What you have to do
How many lines of the data include the string "peer"? State the number and nothing else.

··· Stored data ···

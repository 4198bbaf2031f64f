//! The book of made snapshots, and its line.
ghost use Rattle.std.specs.Prelude.{◌≡◌, [], ◌∷◌, ◌++◌, List, IfOk, OnOk};
ghost use Rattle.serde_json.specs.Written.{compact_text};
ghost use Rattle.cov_model.specs.declared.snapshot.Snapshot.{Snapshot};
ghost use Rattle.cov_model.specs.File.{result_data};
ghost use Rattle.cov_book.specs.Stands.{StandsFor};
ghost use Rattle.cov_laws.specs.Laws.{AreInBounds};
ghost use Rattle.made_snapshots.specs.Made.{made};
ghost use Rattle.made_summary.specs.Line as line;
ghost use Rattle.made_summary.specs.Line.{summary_line};

use cov_book::{Book, Numbers, Steps};
use cov_files::{normal_text, read_snapshot};
use cov_io::SureSink;
use cov_model::{Entry, Items};
use made_snapshots::{Draws, made_scripts};
use scripts_text::write_scripts;
use std::alloc::{AllocError, Global};
use std::sync::ledger::Ledger;

/// Makes so many snapshots of a seed, writes each, reads it back and adds it to one book, and gives the line of what the book comes
/// to, with its newline: `snapshots N scripts S functions F ranges R roots T bytes B`, the last number being the length of the
/// book's normal file. The counter may rise: it counts the runs that were looked at.
pub fn made_line<L: Ledger>(
    alloc: Global,
    seed: u32,
    count: u32,
    steps: &mut Steps<L>,
) -> Result<Items<u8>, AllocError>
    ensures { IfOk result (λ text. text ≡ line.made_line seed count) }
{
    let book = made_book(alloc, seed, count, steps)?;
    let numbers = book.numbers(alloc)?;
    let file = normal_text(alloc, &book)?;
    summary(alloc, count, numbers, file.as_slice().len())
}

// The line of so many snapshots, of which these are the numbers, and whose normal file has so many bytes.
fn summary(
    alloc: Global,
    count: u32,
    numbers: Numbers,
    bytes: usize,
) -> Result<Items<u8>, AllocError>
    ensures { IfOk result (λ text. text ≡ summary_line count numbers bytes) }
{
    let text = format!(in alloc;
        "snapshots {count} scripts {} functions {} ranges {} roots {} bytes {bytes}\n",
        numbers.scripts, numbers.functions, numbers.ranges, numbers.roots
    )?;
    Items::from_slice(alloc, text.as_bytes())
}

// The book of the first so many snapshots that are made of a seed.
fn made_book<L: Ledger>(
    alloc: Global,
    seed: u32,
    count: u32,
    steps: &mut Steps<L>,
) -> Result<Book, AllocError>
    ensures { IfOk result (λ book. StandsFor book (made seed count)) }
{
    let mut book = Book::new(alloc);
    let mut draws = Draws::new(seed);
    for number in 0..count {
        let scripts = made_scripts(alloc, &mut draws, number)?;
        add_written(alloc, &mut book, scripts.as_slice(), steps)?;
    }
    Ok(book)
}

// Adds a made snapshot as a text is added: written first, and read back. What is made nests, and its counts are at most 4, so that
// it is refused for want of memory alone; tests see that.
fn add_written<L: Ledger>(
    alloc: Global,
    book: &mut Book,
    scripts: &[Entry],
    steps: &mut Steps<L>,
) -> Result<(), AllocError>
    requires { AreInBounds scripts.now }
    ensures { OnOk result ((held : List Snapshot) → StandsFor book.old held
        → StandsFor book.new (held ++ scripts.now ∷ [])) }
{
    let text = written(alloc, scripts)?;
    let Ok(snapshot) = read_snapshot(alloc, text.as_slice()) else {
        return Err(AllocError);
    };
    match book.add(&snapshot, steps) {
        Ok(()) => Ok(()),
        Err(_) => Err(AllocError),
    }
}

// The text of scripts.
fn written(alloc: Global, scripts: &[Entry]) -> Result<Items<u8>, AllocError>
    ensures { IfOk result (λ text. text ≡ compact_text (result_data scripts.now)) }
{
    let mut out = SureSink::new(alloc);
    match write_scripts(alloc, scripts, &mut out) {
        Ok(()) => Ok(out.bytes),
        Err(_) => Err(AllocError),
    }
}
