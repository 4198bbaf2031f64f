//! A net over TCP.
ghost use Rattle.std.specs.Prelude.{◌≡◌, ◌≤◌, None};
ghost use Rattle.std.specs.IoError.{error_kind};
ghost use Rattle.cov_io.specs.Causes.{Rose};
ghost use Rattle.cov_net.specs.Reads.{link_fault_of_io};
ghost use Rattle.cov_net.specs.Real.{untold_net, net_port, net_closed, net_faults};

use crate::SocketLink;
use crate::socket::fault_of;
use cov_io::{LinkFault, Net, counted};
use std::alloc::{AllocError, Global};
use std::io;
use std::io::ErrorKind;
use std::net::{Ipv4Addr, Net as Sockets, OpenListener, SocketAddr, SocketAddrV4, TcpStream};
use std::random::RandomSource;
use tungstenite::handshake::HandshakeError;
use tungstenite::handshake::client::{request_of, start};
use tungstenite::{RandomKeys, Role, WebSocket, WebSocketConfig, accept};

/// The greatest message that is taken, in bytes: no longer text is read anywhere. A longer one is a fault.
pub const LONGEST_MESSAGE: usize = 134_217_728;

/// How many connections one `accept` looks at. Where each had no handshake, the last of them is a fault.
const CONNECTIONS: u32 = 1_000_000;

/// A net over TCP. It listens on 127.0.0.1 alone, tells no content, and raises its count at each error. A peer that connects without
/// a handshake is passed over, but for the 1,000,000th in a row within one call, which is a fault. One that is silent makes it wait.
#[derive(Drop)]
pub struct TcpNet<R: Sockets + Drop> {
    rt: R,
    listener: Option<R::Listener>,
    port: Option<u16>,
    closed: u64,
    faults: u64,
}

impl<R: Sockets + Drop> TcpNet<R> {
    /// A net that listens nowhere yet.
    pub fn new(rt: R) -> TcpNet<R>
        ensures port { net_port result ≡ None }
        ensures closed { net_closed result ≡ 0 }
        ensures faults { net_faults result ≡ 0 }
    {
        TcpNet {
            rt,
            listener: None,
            port: None,
            closed: 0,
            faults: 0,
        }
    }

    // Counts a fault, and hands it on.
    fn failed(&mut self, fault: LinkFault) -> LinkFault
        ensures same { result ≡ fault }
        ensures rose { Rose (net_faults self.old) (net_faults self.new) }
        ensures later { net_faults self.old ≤ net_faults self.new }
        ensures port { net_port self.new ≡ net_port self.old }
        ensures closed { net_closed self.new ≡ net_closed self.old }
    {
        let faults = self.faults;
        self.faults = faults.saturating_add(1);
        fault
    }
}

impl<R: Sockets + RandomSource + Copy + Drop> Net for TcpNet<R> {
    type Link = SocketLink<R::Stream, RandomKeys<R>>;

    ghost state = { λ s. untold_net s.port s.closed };

    ghost faults = { λ s. s.faults };

    fn listen(&mut self, port: u16) -> Result<u16, LinkFault> {
        match listening(&self.rt, port) {
            Ok((listener, port)) => {
                self.listener = Some(listener);
                self.port = Some(port);
                Ok(port)
            }
            Err(error) => Err(self.failed(fault_of_io(error))),
        }
    }

    fn accept(&mut self, alloc: Global) -> Result<Self::Link, LinkFault> {
        match accepted(&self.rt, alloc, &self.listener) {
            Ok(socket) => Ok(SocketLink::new(socket)),
            Err(fault) => Err(self.failed(fault)),
        }
    }

    fn dial(&mut self, alloc: Global, place: &str) -> Result<Self::Link, LinkFault> {
        match dialled(&self.rt, alloc, place) {
            Ok(socket) => Ok(SocketLink::new(socket)),
            Err(fault) => Err(self.failed(fault)),
        }
    }

    fn hang_up(&mut self, link: Self::Link) -> Result<(), AllocError> {
        self.faults = counted(link.has_failed(), self.faults);
        self.closed = counted(link.is_closed(), self.closed);
        Ok(())
    }
}

// Listens on a port of this machine alone, and tells the port in use.
fn listening<R: Sockets>(rt: &R, port: u16) -> io::Result<(R::Listener, u16)> {
    let place = SocketAddrV4::new(Ipv4Addr::LOCALHOST, port);
    let listener = rt.bind(SocketAddr::V4(place))?;
    let port = listener.local_addr()?.port();
    Ok((listener, port))
}

// The next connection whose handshake is done. Another one is dropped.
fn accepted<R: Sockets + RandomSource + Copy>(
    rt: &R,
    alloc: Global,
    listener: &Option<R::Listener>,
) -> Result<WebSocket<R::Stream, RandomKeys<R>>, LinkFault> {
    let Some(listener) = listener else {
        return Err(LinkFault::Failed);
    };
    for _ in 0..CONNECTIONS {
        let (stream, _) = listener.accept().map_err(fault_of_io)?;
        match shaken(rt, alloc, stream) {
            Ok(socket) => return Ok(socket),
            Err(LinkFault::NoMemory) => return Err(LinkFault::NoMemory),
            Err(LinkFault::Failed) => {}
        }
    }
    Err(LinkFault::Failed)
}

// The handshake with a peer that has connected.
fn shaken<R: Sockets + RandomSource + Copy>(
    rt: &R,
    alloc: Global,
    stream: R::Stream,
) -> Result<WebSocket<R::Stream, RandomKeys<R>>, LinkFault> {
    match accept(alloc, stream) {
        Ok(socket) => Ok(WebSocket::from_raw_socket(
            alloc,
            socket.into_inner(),
            RandomKeys::new(*rt),
            Role::Server,
            Some(limits()),
        )),
        Err(HandshakeError::Failure(error)) => Err(fault_of(error)),
        Err(HandshakeError::Interrupted(_)) => Err(LinkFault::Failed),
    }
}

// A connection to `HOST:PORT/PATH`, its handshake done.
fn dialled<R: Sockets + RandomSource + Copy>(
    rt: &R,
    alloc: Global,
    place: &str,
) -> Result<WebSocket<R::Stream, RandomKeys<R>>, LinkFault> {
    let uri = format!(in alloc; "ws://{place}")?;
    let request = request_of(alloc, uri.as_str()).map_err(fault_of)?;
    let host = match place.split_once('/') {
        Some((host, _)) => host,
        None => place,
    };
    let stream = TcpStream::connect(rt, host).map_err(fault_of_io)?;
    let mut nonce = [0; 16];
    rt.fill_bytes(&mut nonce).map_err(fault_of_io)?;
    let keys = RandomKeys::new(*rt);
    let begun = start(alloc, nonce, keys, request, stream, Some(limits())).map_err(fault_of)?;
    match begun.handshake() {
        Ok((socket, _)) => Ok(socket),
        Err(HandshakeError::Failure(error)) => Err(fault_of(error)),
        Err(HandshakeError::Interrupted(_)) => Err(LinkFault::Failed),
    }
}

// The limits of a connection: a message is sent as one frame.
fn limits() -> WebSocketConfig {
    WebSocketConfig::default()
        .max_message_size(Some(LONGEST_MESSAGE))
        .max_frame_size(Some(LONGEST_MESSAGE))
}

// What an error of the system means for a net.
fn fault_of_io(error: io::Error) -> LinkFault
    ensures { result ≡ link_fault_of_io (error_kind error) }
{
    match error.kind() {
        ErrorKind::OutOfMemory => LinkFault::NoMemory,
        _ => LinkFault::Failed,
    }
}
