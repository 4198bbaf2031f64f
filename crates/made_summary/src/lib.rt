//! What snapshots made of a seed come to, each taken as a text is taken.
#![tactic(auto)]

mod making;

pub use making::made_line;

···

Reply
2